Antônio Gomes Barbosa

Coordenador do Programa Uma Terra e Duas Águas (P1+2) da Articulação no Semiárido Brasileiro (ASA)

“O acesso à água de qualidade é um direito humano básico que necessita ser efetivado para toda a população. A violação desse direito deve ser reparada de forma imediata”.

III Conferência Nacional de Segurança Alimentar e Nutricional

No Brasil rural hoje, de acordo com o IBGE, vivem pouco mais de quatro milhões de famílias agricultoras camponesas, sendo 50% no Nordeste, maior parte no Semiárido, região que ocupa uma área de um milhão de km², superior as áreas da Alemanha e França juntas. É um dos semiáridos mais chuvosos do mundo, com uma pluviosidade entre 450 a 700 mm/ano, porém concentrada em poucos meses.

A fome e a sede no Semiárido são produtos humano, social e político. À grande concentração e má distribuição das terras e das águas somam-se também a ausência de infraestruturas de produção, insuficiência de assistência técnica, inadequação do crédito, ausência de uma política de educação contextualizada, além de outros fatores que produzem a insegurança alimentar e nutricional.

O Século 20 foi marcado por políticas públicas dirigidas ao investimento em infraestruturas hídricas de grande porte por meio da construção de grandes açudes e barragens. Como resultado desse esforço há um potencial de armazenamento de água da ordem de 37 bilhões de m³, só no Semiárido setentrional. Entretanto, ofertas concentradas de água só têm vocação para atender demandas concentradas como as das cidades/indústrias e perímetros irrigados.

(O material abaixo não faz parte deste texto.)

// A controller's part of one boot.
ghost use Rattle.std.specs.Prelude.{◌≡◌, ◌<◌, [], ℕ, List, length, All, OnOk, OnErr, IfErr, option_copied};
ghost use Rattle.nand_model.specs.declared.words.Command.{Command as Ordered};
ghost use Rattle.tool_steps.specs.Boot.{boot_with, faults_of, with_session, with_command, session_number, commands_at, command_at};

use fault_plan::Faults;
use mtd_part::Parts;
use nand_model::{Command, ItemList};
use std::alloc::{AllocError, Global};
use std::marker::Model;

/// The chips of a controller, by number.
pub type FlashList<F> = ItemList<F>;

/// The sessions whose turns come, in order.
pub type Schedule = ItemList<u32>;

/// A session and its commands, in order.
#[derive(Drop)]
struct Session {
    number: u32,
    commands: ItemList<Command>,
}

/// A controller's part of one boot: its partitions, its faults, and its sessions with their
/// commands.
#[derive(Drop)]
pub struct ControllerBoot {
    partitions: Parts,
    faults: Faults,
    order: Vec<Session>,
}

impl Model for ControllerBoot {
    ghost use Rattle.std.specs.Prelude.{map};
    ghost use Rattle.command_model.specs.Boot.{Boot};
    ghost use Rattle.tool_steps.specs.declared.boot.Session.{Session};
    ghost use Rattle.tool_steps.specs.Boot.{boot_with};

    ghost Value = { Boot };

    ghost view = { λ b. boot_with b.partitions b.faults (map (λ (s : Session). (s.number, s.commands)) b.order.items) };
}

impl ControllerBoot {
    /// These partitions and faults, and no session. It takes no memory.
    pub fn new(alloc: Global, parts: Parts, faults: Faults) -> ControllerBoot
        ensures { result ≡ boot_with parts faults [] }
    {
        ControllerBoot {
            partitions: parts,
            faults,
            order: Vec::new(alloc),
        }
    }

    /// Adds a session without commands. Where memory runs out, all is as before.
    pub fn add_session(&mut self, session: u32) -> Result<(), AllocError>
        requires { All (λ (earlier : ℕ × List Ordered). earlier.0 < session) self.old.sessions }
        ensures ok { OnOk result (self.new ≡ with_session self.old session) }
        ensures err { OnErr result (self.new ≡ self.old) }
    {
        let alloc = *self.order.allocator();
        self.order.push(Session {
            number: session,
            commands: ItemList::new(alloc),
        })?;
        Ok(())
    }

    /// Adds a command to the last session. Where memory runs out, the command is handed back and
    /// all is as before.
    pub fn add_command(&mut self, command: Command) -> Result<(), (Command, AllocError)>
        requires { 0 < length self.old.sessions }
        ensures ok { OnOk result (self.new ≡ with_command self.old command) }
        ensures err { OnErr result (self.new ≡ self.old) }
        ensures handed_back { IfErr result (λ refused. refused.0 ≡ command) }
    {
        let last = self.order.len() - 1;
        self.order[last].commands.push(command)
    }

    /// Lends the partitions.
    pub fn parts(&self) -> &Parts
        ensures { result.now ≡ self.now.partitions }
    {
        &self.partitions
    }

    /// Lends the faults.
    pub fn faults(&self) -> &Faults
        ensures { result.now ≡ faults_of self.now }
    {
        &self.faults
    }

    /// The number of the session at place `k`, counted from 0. None comes exactly where there is
    /// none.
    pub fn session(&self, k: usize) -> Option<u32>
        ensures { result ≡ session_number self.now k }
    {
        if k < self.order.len() {
            Some(self.order[k].number)
        } else {
            None
        }
    }

    /// Lends the commands of the session at place `k`, counted from 0.
    pub fn commands(&self, k: usize) -> &ItemList<Command>
        requires { k < length self.now.sessions }
        ensures { commands_at self.now k ≡ Some result.now }
    {
        &self.order[k].commands
    }

    /// Lends the command at place `n` of the session at place `k`, both counted from 0. None comes
    /// exactly where there is none.
    pub fn command(&self, k: usize, n: usize) -> Option<&Command>
        ensures { option_copied result ≡ command_at self.now k n }
    {
        if k >= self.order.len() {
            return None;
        }
        let session = &self.order[k];
        if n < session.commands.len() {
            Some(session.commands.get(n))
        } else {
            None
        }
    }
}

#[cfg(test)]
mod tests {
    use super::*;
    use fault_plan::Flip;
    use nand_model::BlockList;
    use std::test::Fail;

    #[test]
    fn keeps_faults_sessions_and_commands(rt: HostRuntime) -> Result<(), Fail> {
        let mut faults = Faults::new(rt.alloc());
        faults.push(Flip {
            chip: 0,
            page: 5,
            before: 18,
            bits: BlockList::new(rt.alloc()),
        })?;
        let mut boot = ControllerBoot::new(rt.alloc(), Parts::new(rt.alloc(), 0), faults);
        assert!(rt; boot.add_session(3).is_ok());
        let command = Command::IsBad {
            dev: 0,
            blocks: 8,
            block: 5,
        };
        assert!(rt; boot.add_command(command).is_ok());
        assert_eq!(rt; boot.faults().due(18, 0), Some(0));
        assert_eq!(rt; boot.session(0), Some(3));
        assert_eq!(rt; boot.session(1), None);
        assert_eq!(rt; boot.commands(0).len(), 1);
        assert!(rt; matches!(boot.command(0, 0), Some(Command::IsBad { block: 5, .. })));
        assert!(rt; boot.command(0, 1).is_none());
        Ok(())
    }
}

As famílias difusas do Semiárido necessitam de uma política de águas que atenda suas necessidades, que possibilite os vários usos da água e que valorize a sabedoria, as experiências e o protagonismo desse povo. Nessa perspectiva vale destaque a ação da Articulação no Semiárido Brasileiro (ASA), que a partir das experiências das organizações da sociedade que atuam na região, vêm, há dez anos, construindo o Programa de Formação e Mobilização Social para a Convivência com o Semiárido. Materializado em duas ações: o Programa um Milhão de Cisternas – P1MC e o Programa Uma Terra e Duas Águas – P1+2.

Apoiada inicialmente pela Agência Nacional de Águas, a partir de 2003, o P1MC foi incorporado como política pública pelo Ministério de Desenvolvimento Social e Combate a Fome (MDS), tendo como suporte o forte apoio do Conselho Nacional Segurança Alimentar e Nutricional (Consea). Hoje o P1MC também conta com aporte orçamentário da Companhia de Desenvolvimento dos Vales do São Francisco e do Parnaíba (CODEVASF).

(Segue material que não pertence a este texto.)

// Programs the marker of a block. The block is then marked in the table, whose copies are to be
// written; without tables, only where the marker did not fail.
fn put_marker<F: Flash, C: PageCode>(
    flash: &mut F,
    known: &mut Knowledge,
    code: &C,
    judge: &mut Judge,
    block: u32,
    image: Bytes,
) -> (Task, Option<Fairness>)
    requires sizes { (F.state flash.old).geometry ≡ known.old.geometry }
    requires judge { judge.old.geometry ≡ known.old.geometry }
    requires fits { FitsMark known.old.geometry block image }
    requires room { 1 ≤ F.room flash.old }
    ensures advanced { Advances F.fault_model (F.state flash.old) (F.state flash.new) known.old
        known.new (Marker block image) result.0 result.1
        (marker_event known.old.geometry block) }
    ensures known { KeepsKnown known.old known.new (Marker block image) result.0 }
    ensures fits { TaskFits known.old.geometry known.new.table result.0 }
    ensures counted { counted_by result.0 ≡ None }
    ensures room { F.room flash.old + programs_of known.old.geometry result.0 ≤ F.room flash.new
        + programs_of known.old.geometry (Marker block image) }
    ensures bits { F.bit_room flash.old ≤ F.bit_room flash.new }
    ensures judge { judge.new.geometry ≡ judge.old.geometry }
{
    let g = judge.geometry;
    let mut image = image;
    page_ops::put_marker(&g, image.as_mut_slice());
    let told = judge.program(flash, code, block * g.pages_per_block, image.as_slice());
    (after_marker(known, block, image, told.is_none()), told)
}

// What is left of a mark, the marker of whose block was good or failed.
fn after_marker(known: &mut Knowledge, block: u32, image: Bytes, marker: bool) -> Task
    requires { FitsMark known.old.geometry block image }
    ensures { FollowsMarker known.old known.new block image marker result }
{
    if known.geometry.bbt == 0 {
        after_marker_alone(known, block, image, marker)
    } else {
        begin_writing(known, block, image, marker)
    }
}

// Without tables the block is marked in the table where its marker was good, and the mark is over.
fn after_marker_alone(known: &mut Knowledge, block: u32, image: Bytes, marker: bool) -> Task
    requires fits { FitsMark known.old.geometry block image }
    requires without_tables { known.old.geometry.bbt ≡ 0 }
    ensures { FollowsMarker known.old known.new block image marker result }
{
    if !marker {
        return Task::MarkerFailed;
    }
    let before = Snapshot::of(&known.table);
    known.mark(block);
    Task::Marked { block, before }
}
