// A command that is resumed at each reply.
ghost use Rattle.std.specs.Prelude.{◌≡◌, ◌++◌, List, true, option_copied, IfOk, OnOk, OnErr};
ghost use Rattle.nand_model.specs.declared.geometry.Geometry.{Geometry as Sizes};
ghost use Rattle.nand_model.specs.declared.words.Command.{Command as Ordered};
ghost use Rattle.nand_model.specs.declared.words.Reply.{Reply as Replied};
ghost use Rattle.command_model.specs.Command.{Over, next_in, script_of};
ghost use Rattle.command_model.specs.Runnable.{Fits, WritesPages};
ghost use Rattle.tool_steps.specs.Steps.{handed, after_last, step_of, is_over, state_left, HasHad};
ghost use Rattle.tool_steps.specs.Work.{work_left};
ghost use Rattle.tool_steps.specs.Writing.{write_from_start, write_mode};

use crate::dumping::Dumping;
use crate::erasing::Erasing;
use crate::step::{State, Step, Turn};
use crate::testing::Testing;
use crate::work::Work;
use crate::writing::Writing;
use crate::{dumping, testing, writing};
use nand_model::{Command, Geometry, Outcome, Reply};
use std::alloc::{AllocError, Global};

/// A command that is resumed at each reply. What is left of it is a script: the end with the
/// outcome, or an operation and what follows each reply to it.
#[derive(Drop)]
pub struct Tool {
    alloc: Global,
    geometry: Geometry,
    state: State<Work>,
}

impl Tool {
    ghost use Rattle.tool_steps.specs.Work.{left_of};

    /// The command at its start, on a device of a chip with these sizes.
    pub fn start(alloc: Global, command: &Command, g: &Geometry) -> Result<Tool, AllocError>
        requires { Fits g.now command.now }
        ensures { IfOk result (λ tool. left_of tool ≡ script_of g.now command.now) }
    {
        Ok(Tool {
            alloc,
            geometry: *g,
            state: first_state(alloc, command, g)?,
        })
    }

    /// The next step: None is handed over at first, and afterwards the reply to the operation that
    /// was given last. Where memory runs out, the tool is as before.
    pub fn next(&mut self, last: Option<&Reply>) -> Result<Step, AllocError>
        ensures step { IfOk result
            (λ step. step
            ≡ step_of (next_in (after_last (option_copied last.entry) (left_of self.old)))) }
        ensures goes_on { OnOk result
            (left_of self.new ≡ after_last (option_copied last.entry) (left_of self.old)) }
        ensures replies { (g : Sizes) (command : Ordered) (replies : List Replied) →
            HasHad g command replies (left_of self.old) →
            OnOk result (HasHad g command (replies ++ handed (option_copied last.entry))
            (left_of self.new)) }
        ensures no_memory { OnErr result (self.new ≡ self.old) }
    {
        self.resume(last)
    }

    // The next step, said of the script that is left.
    fn resume(&mut self, last: Option<&Reply>) -> Result<Step, AllocError>
        ensures step { IfOk result
            (λ step. step
            ≡ step_of (next_in (after_last (option_copied last.entry) (left_of self.old)))) }
        ensures goes_on { OnOk result
            (left_of self.new ≡ after_last (option_copied last.entry) (left_of self.old)) }
        ensures no_memory { OnErr result (self.new ≡ self.old) }
    {
        let State::At(work) = &mut self.state else {
            return Ok(Step::Done);
        };
        let Some(reply) = last else {
            return Ok(Step::Do(work.op(self.alloc, &self.geometry)?));
        };
        match work.answered(self.alloc, &self.geometry, reply)? {
            Turn::Ask(op) => Ok(Step::Do(op)),
            Turn::End(outcome) => {
                self.state = State::Over(outcome);
                Ok(Step::Done)
            }
        }
    }

    /// Whether `next` with this argument answers `Done`. It takes no memory.
    pub fn ends(&self, last: Option<&Reply>) -> bool
        ensures { result ≡ is_over
            (next_in (after_last (option_copied last.entry) (left_of self.now))) }
    {
        match (&self.state, last) {
            (State::Over(_), _) => true,
            (State::At(_), None) => false,
            (State::At(work), Some(reply)) => work.ends_at(&self.geometry, reply),
        }
    }

    /// Lends the outcome of a command that is over.
    pub fn outcome(&self) -> &Outcome
        requires { is_over (next_in (left_of self.now)) ≡ true }
        ensures { next_in (left_of self.now) ≡ Over result.now }
    {
        match &self.state {
            State::Over(outcome) => outcome,
            State::At(_) => unreachable!(),
        }
    }

    /// Hands the outcome of a command that is over out.
    pub fn finish(self) -> Outcome
        requires { is_over (next_in (left_of self)) ≡ true }
        ensures { next_in (left_of self) ≡ Over result }
    {
        let Tool { state, .. } = self;
        match state {
            State::Over(outcome) => outcome,
            State::At(_) => unreachable!(),
        }
    }
}

// Where a command begins.
fn first_state(alloc: Global, command: &Command, g: &Geometry) -> Result<State<Work>, AllocError>
    requires { Fits g.now command.now }
    ensures { IfOk result (λ state. state_left (work_left g.now) state
        ≡ script_of g.now command.now) }
{
    match command {
        Command::FlashErase {
            dev,
            blocks,
            no_scan,
            start,
            count,
        } => Ok(State::At(Work::Erasing(Erasing::start(*dev, *blocks, *no_scan, *start, *count)))),
        Command::NandWrite {
            dev,
            blocks,
            mark,
            raw,
            oob,
            off,
            bytes,
            ..
        } => {
            let called = writing::Called {
                dev: *dev,
                mark: *mark,
                raw: *raw,
                oob: *oob,
            };
            first_write(alloc, g, called, *blocks, *off, bytes.as_slice())
        }
        Command::NandDump {
            dev,
            blocks,
            off,
            len,
            raw,
            oob,
            bad,
        } => {
            let called = dumping::Called {
                dev: *dev,
                raw: *raw,
                oob: *oob,
                bad: *bad,
            };
            let dumping = Dumping::start(alloc, g, called, *blocks, *off, *len)?;
            Ok(State::At(Work::Dumping(dumping)))
        }
        Command::MarkBad { dev, block, .. } => Ok(State::At(Work::Marking {
            dev: *dev,
            block: *block,
        })),
        Command::IsBad { dev, block, .. } => Ok(State::At(Work::Asking {
            dev: *dev,
            block: *block,
        })),
        Command::Stats { dev, .. } => Ok(State::At(Work::Counting { dev: *dev })),
        Command::NandTest {
            dev,
            blocks,
            keep,
            mark,
            seed,
            passes,
            off,
            len,
        } => {
            let called = testing::Called {
                dev: *dev,
                keep: *keep,
                mark: *mark,
                seed: *seed,
                passes: *passes,
            };
            let testing = Testing::start(alloc, g, called, *blocks, *off, *len)?;
            Ok(State::At(Work::Testing(testing)))
        }
    }
}

// Where a nandwrite begins.
fn first_write(
    alloc: Global,
    g: &Geometry,
    called: writing::Called,
    blocks: u32,
    off: u64,
    bytes: &[u8],
) -> Result<State<Work>, AllocError>
    requires { WritesPages g.now blocks off bytes.now }
    ensures { IfOk result (λ state. state_left (work_left g.now) state
        ≡ write_from_start g.now (write_mode called) blocks off bytes.now) }
{
    match Writing::start(alloc, g, called, blocks, off, bytes)? {
        State::At(writing) => Ok(State::At(Work::Writing(writing))),
        State::Over(outcome) => Ok(State::Over(outcome)),
    }
}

Até 30 de Julho deste ano, foram construídas 266.847 cisternas rurais, ou seja, mais de 1.250.000 pessoas dispõem de água de qualidade para beber ao lado de casa. Mas estudos avaliativos realizados pelo MDS e pela Embrapa Semiárido mostram a necessidade mínima de 1.300.000 cisternas, o que demonstra que ainda há muito por fazer. Para além da água de beber, a população difusa do Semiárido necessita de alternativas de captação e uso da água para uso doméstico, para dessedentar animais e para produção de alimentos.

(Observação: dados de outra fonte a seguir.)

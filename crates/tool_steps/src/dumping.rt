// nanddump, block after block and page after page.
ghost use Rattle.std.specs.Prelude.{◌≡◌, ◌+◌, ◌-◌, ◌*◌, ◌/◌, ◌≤◌, ◌<◌, ◌++◌, suc, ℕ, List, [], ◌∷◌, IfOk, OnErr};

use crate::copies::unit_len;
use crate::ranges::pages_in_range;
use crate::replies::tells_bad;
use crate::step::Turn;
use nand_model::{BadMode, Bytes, Geometry, Op, Outcome, PageRead, Reply};
use std::alloc::{AllocError, Global};
use std::mem;

/// How nanddump was called.
#[derive(Clone, Copy)]
pub struct Called {
    pub dev: u32,
    pub raw: bool,
    pub oob: bool,
    pub bad: BadMode,
}

/// The counts of nanddump so far.
#[derive(Clone, Copy)]
pub struct Counts {
    pub pages: u64,
    pub bad: u64,
    pub corrected: u64,
    pub failed: u64,
    ghost corrected_few: { corrected ≤ pages * 4294967295 },
    ghost failed_few: { failed ≤ pages * 4294967295 },
}

/// A page to which nanddump has come: its block and its place there, the pages of the range after
/// it in its block and in later blocks, and the counts before it.
#[derive(Clone, Copy)]
pub struct DumpAt {
    pub called: Called,
    pub block: u32,
    pub place: u32,
    pub rest: u32,
    pub later: u32,
    pub counts: Counts,
    ghost in_device: { block + later < 8388608 },
    ghost in_block: { place + rest < 4194304 },
    ghost few: { counts.pages + rest + later < 4194304 },
    ghost bad_before: { counts.bad ≤ block },
}

/// What nanddump waits for.
#[derive(Clone, Copy)]
pub enum Place {
    /// Whether the page's block is bad.
    Looking(DumpAt),
    /// The read of the page.
    Reading(DumpAt),
}

/// nanddump under way: where it stands, and what it has dumped.
#[derive(Drop)]
pub struct Dumping {
    pub place: Place,
    pub dump: Bytes,
}

impl Counts {
    ghost use Rattle.nand_model.specs.declared.geometry.Geometry.{Geometry as Sizes};
    ghost use Rattle.command_model.specs.Command.{with_page_read};
    ghost use Rattle.tool_steps.specs.declared.dumping.Called.{Called as Mode};
    ghost use Rattle.tool_steps.specs.Dumping.{dump_mode, counts_with, page_part};

    // The counts with the page of a reply.
    fn with_page(self, reply: &Reply) -> Counts
        requires { self.pages < 4194304 }
        ensures counts { (g : Sizes) (m : Mode) (dump : List ℕ) →
            counts_with result (dump ++ page_part g m reply.now)
            ≡ with_page_read g (dump_mode m) (counts_with self dump) reply.now }
        ensures pages { result.pages ≤ self.pages + 1 }
        ensures bad { result.bad ≡ self.bad }
    {
        match reply {
            Reply::Page { read, .. } => self.with_read(*read),
            _ => self,
        }
    }

    // The counts with a page that was read.
    fn with_read(self, read: PageRead) -> Counts
        requires { self.pages < 4194304 }
        ensures pages { result.pages ≡ self.pages + 1 }
        ensures bad { result.bad ≡ self.bad }
        ensures corrected { result.corrected ≡ self.corrected + read.corrected }
        ensures failed { result.failed ≡ self.failed + read.failed }
    {
        let PageRead {
            corrected,
            failed,
            ..
        } = read;
        Counts {
            pages: self.pages + 1,
            bad: self.bad,
            corrected: self.corrected + u64::from(corrected),
            failed: self.failed + u64::from(failed),
        }
    }
}

impl DumpAt {
    ghost use Rattle.nand_model.specs.declared.geometry.Geometry.{Geometry as Sizes};
    ghost use Rattle.tool_steps.specs.Dumping.{block_left, counts_with, later_left, pages_left, place_left, read_left};

    /// What comes first in the page's block.
    pub fn first(self) -> Place
        ensures { (g : Sizes) (dump : List ℕ) → place_left g dump result ≡ block_left g self dump }
    {
        match self.called.bad {
            BadMode::DumpBad => Place::Reading(self),
            BadMode::PadBad | BadMode::SkipBad => Place::Looking(self),
        }
    }

    // The next page of the block, with the counts before it.
    fn next(self, counts: Counts) -> DumpAt
        requires some { 1 ≤ self.rest }
        requires pages { counts.pages ≤ self.counts.pages + 1 }
        requires bad { counts.bad ≡ self.counts.bad }
        ensures { (g : Sizes) (dump : List ℕ) → read_left g result dump
            ≡ pages_left g self self.rest (self.block * g.pages_per_block + self.place + 1)
            (counts_with counts dump) }
    {
        DumpAt {
            called: self.called,
            block: self.block,
            place: self.place + 1,
            rest: self.rest - 1,
            later: self.later,
            counts,
        }
    }

    // The next block of the range, with the counts before it.
    fn next_block(self, g: &Geometry, counts: Counts) -> DumpAt
        requires some { 1 ≤ self.later }
        requires pages { counts.pages ≤ self.counts.pages + 1 }
        requires bad { counts.bad ≤ self.block + 1 }
        ensures { (dump : List ℕ) → block_left g.now result dump
            ≡ later_left g.now self (counts_with counts dump) }
    {
        let here = self.later.min(g.pages_per_block);
        DumpAt {
            called: self.called,
            block: self.block + 1,
            place: 0,
            rest: here - 1,
            later: self.later - here,
            counts,
        }
    }
}

impl Place {
    ghost use Rattle.command_model.specs.Command.{Do, after_replies, next_in};
    ghost use Rattle.nand_model.specs.declared.geometry.Geometry.{Geometry as Sizes};
    ghost use Rattle.tool_steps.specs.Steps.{is_over};
    ghost use Rattle.tool_steps.specs.Dumping.{place_left};

    /// The operation whose reply is waited for.
    pub fn op(self, g: &Geometry) -> Op
        ensures { (dump : List ℕ) → next_in (place_left g.now dump self) ≡ Do result }
    {
        match self {
            Place::Looking(at) => Op::IsBad {
                dev: at.called.dev,
                block: at.block,
            },
            Place::Reading(at) => {
                let dev = at.called.dev;
                let page = at.block * g.pages_per_block + at.place;
                if at.called.raw {
                    Op::RawRead { dev, page }
                } else {
                    Op::Read { dev, page }
                }
            }
        }
    }

    /// Whether the command is over after the reply.
    pub fn ends_at(self, reply: &Reply) -> bool
        ensures { (g : Sizes) (dump : List ℕ) → result
            ≡ is_over (next_in (after_replies (reply.now ∷ []) (place_left g dump self))) }
    {
        match self {
            Place::Looking(at) => tells_bad(reply) && at.later == 0,
            Place::Reading(at) => at.rest == 0 && at.later == 0,
        }
    }
}

impl Called {
    ghost use Rattle.tool_steps.specs.Dumping.{page_part, passed_part};

    // The bytes of a reply that are dumped.
    fn part<'a>(&self, g: &Geometry, reply: &'a Reply) -> &'a [u8]
        ensures { result.now ≡ page_part g.now self.now reply.now }
    {
        match reply {
            Reply::Page { image, .. } => {
                let image = image.as_slice();
                if self.oob {
                    image
                } else {
                    &image[..image.len().min(g.page as usize)]
                }
            }
            _ => &[],
        }
    }

    // An empty dump, with room for so many pages.
    fn empty_dump(&self, alloc: Global, g: &Geometry, pages: u32) -> Result<Bytes, AllocError>
        requires { pages ≤ 4194304 }
        ensures { IfOk result (λ bytes. bytes ≡ []) }
    {
        Bytes::with_room(alloc, pages as usize * unit_len(g, self.oob) as usize)
    }

    // What is dumped for so many pages of a bad block.
    fn passed(&self, alloc: Global, g: &Geometry, pages: u32) -> Result<Bytes, AllocError>
        requires { pages ≤ 4194304 }
        ensures { IfOk result (λ bytes. bytes ≡ passed_part g.now self.now pages) }
    {
        let len = match self.bad {
            BadMode::PadBad => pages as usize * unit_len(g, self.oob) as usize,
            BadMode::DumpBad | BadMode::SkipBad => 0,
        };
        Bytes::filled(alloc, 0xff, len)
    }
}

impl Dumping {
    ghost use Rattle.command_model.specs.Command.{Do, after_replies, next_in};
    ghost use Rattle.command_model.specs.Runnable.{DumpsPages};
    ghost use Rattle.tool_steps.specs.Steps.{TurnsTo};
    ghost use Rattle.tool_steps.specs.Dumping.{counts_with, dump_end, dump_from_start, dump_mode, dumping_left, later_left, look_left, place_left, read_left};

    /// nanddump at its start, of the pages from the offset `off` on, so many bytes of bodies or
    /// all. It takes the room of its dump.
    pub fn start(
        alloc: Global,
        g: &Geometry,
        called: Called,
        blocks: u32,
        off: u64,
        len: u64,
    ) -> Result<Dumping, AllocError>
        requires { DumpsPages g.now blocks off len }
        ensures { IfOk result (λ dumping. dumping_left g.now dumping
            ≡ dump_from_start g.now (dump_mode called) blocks off len) }
    {
        let first = (off / u64::from(g.page)) as u32;
        let pages = pages_in_range(g, blocks, off, len);
        let place = first % g.pages_per_block;
        let here = pages.min(g.pages_per_block - place);
        let at = DumpAt {
            called,
            block: first / g.pages_per_block,
            place,
            rest: here - 1,
            later: pages - here,
            counts: Counts {
                pages: 0,
                bad: 0,
                corrected: 0,
                failed: 0,
            },
        };
        Ok(Dumping {
            place: at.first(),
            dump: called.empty_dump(alloc, g, pages)?,
        })
    }

    /// The operation whose reply is waited for.
    pub fn op(&self, g: &Geometry) -> Op
        ensures { next_in (dumping_left g.now self.now) ≡ Do result }
    {
        self.place.op(g)
    }

    /// The command takes the reply. Where memory runs out, it is as before.
    pub fn answered(
        &mut self,
        alloc: Global,
        g: &Geometry,
        reply: &Reply,
    ) -> Result<Turn, AllocError>
        ensures turn { IfOk result (λ turn. TurnsTo turn (dumping_left g.now self.new)
            (after_replies (reply.now ∷ []) (dumping_left g.now self.old))) }
        ensures no_memory { OnErr result (self.new ≡ self.old) }
    {
        match self.place {
            Place::Looking(at) => self.looked(alloc, g, at, reply),
            Place::Reading(at) => self.page_read(alloc, g, at, reply),
        }
    }

    // The page's block is known to be good or bad.
    fn looked(
        &mut self,
        alloc: Global,
        g: &Geometry,
        at: DumpAt,
        reply: &Reply,
    ) -> Result<Turn, AllocError>
        ensures turn { IfOk result (λ turn. TurnsTo turn (dumping_left g.now self.new)
            (after_replies (reply.now ∷ []) (look_left g.now at self.old.dump))) }
        ensures no_memory { OnErr result (self.new ≡ self.old) }
    {
        if !tells_bad(reply) {
            return self.goes_on(g, Place::Reading(at), &[]);
        }
        let mut counts = at.counts;
        counts.bad += 1;
        let part = at.called.passed(alloc, g, at.rest + 1)?;
        self.leave_block(alloc, g, at, counts, part.as_slice())
    }

    // The page is read.
    fn page_read(
        &mut self,
        alloc: Global,
        g: &Geometry,
        at: DumpAt,
        reply: &Reply,
    ) -> Result<Turn, AllocError>
        ensures turn { IfOk result (λ turn. TurnsTo turn (dumping_left g.now self.new)
            (after_replies (reply.now ∷ []) (read_left g.now at self.old.dump))) }
        ensures no_memory { OnErr result (self.new ≡ self.old) }
    {
        let counts = at.counts.with_page(reply);
        let part = at.called.part(g, reply);
        if at.rest == 0 {
            self.leave_block(alloc, g, at, counts, part)
        } else {
            self.goes_on(g, Place::Reading(at.next(counts)), part)
        }
    }

    // This part is dumped, and the later blocks come, or the end.
    fn leave_block(
        &mut self,
        alloc: Global,
        g: &Geometry,
        at: DumpAt,
        counts: Counts,
        part: &[u8],
    ) -> Result<Turn, AllocError>
        requires pages { counts.pages ≤ at.counts.pages + 1 }
        requires bad { counts.bad ≤ at.block + 1 }
        ensures turn { IfOk result (λ turn. TurnsTo turn (dumping_left g.now self.new)
            (later_left g.now at (counts_with counts (self.old.dump ++ part.now)))) }
        ensures no_memory { OnErr result (self.new ≡ self.old) }
    {
        if at.later == 0 {
            self.ended(alloc, counts, part)
        } else {
            self.goes_on(g, at.next_block(g, counts).first(), part)
        }
    }

    // This part is dumped, and the command stands here.
    fn goes_on(&mut self, g: &Geometry, place: Place, part: &[u8]) -> Result<Turn, AllocError>
        ensures turn { IfOk result (λ turn. TurnsTo turn (dumping_left g.now self.new)
            (place_left g.now (self.old.dump ++ part.now) place)) }
        ensures no_memory { OnErr result (self.new ≡ self.old) }
    {
        self.dump.push_slice(part)?;
        self.place = place;
        Ok(Turn::Ask(place.op(g)))
    }

    // This part is dumped, and the command is over.
    fn ended(&mut self, alloc: Global, counts: Counts, part: &[u8]) -> Result<Turn, AllocError>
        ensures turn { IfOk result (λ turn. turn
            ≡ Turn.End (dump_end (counts_with counts (self.old.dump ++ part.now)))) }
        ensures no_memory { OnErr result (self.new ≡ self.old) }
    {
        let empty = Bytes::with_room(alloc, 0)?;
        self.dump.push_slice(part)?;
        Ok(Turn::End(Outcome::NandDump {
            pages: counts.pages,
            bad: counts.bad,
            corrected: counts.corrected,
            failed: counts.failed,
            dump: mem::replace(&mut self.dump, empty),
        }))
    }
}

Na continuidade do P1MC, a partir de 2007, com apoio da Fundação Banco de Brasil e Petrobras, a ASA iniciou o P1+2. O programa prioriza a segurança e soberania alimentar a partir da produção agroecológica de alimentos, ancorada na construção de infraestruturas hídricas como cisterna calçadão de 52 mil litros, barragem subterrânea, tanque de pedra/caldeirão e bomba d’água popular. Além disso, a ação parte da valorização das experiências exitosas da agricultura familiar camponesa através de intercâmbios e da sistematização de experiências. A partir de 2008, o P1+2 passou a contar com apoio do MDS, Ministério de Desenvolvimento Agrário (MDA) e Codevasf.

Reconhecendo a importância destas ações, o CONSEA, em sua resolução sobre acesso à água, recomenda que seja intensificado o processo de democratização do acesso à água, maximizando iniciativas a exemplo do P1MC e do P1+2, além da revitalização de poços, e outras. O acesso à água pelas populações difusas no Semiárido brasileiro é uma questão de direito. A fome e a sede são produtos da ação humana: mudar esta realidade deve ser também.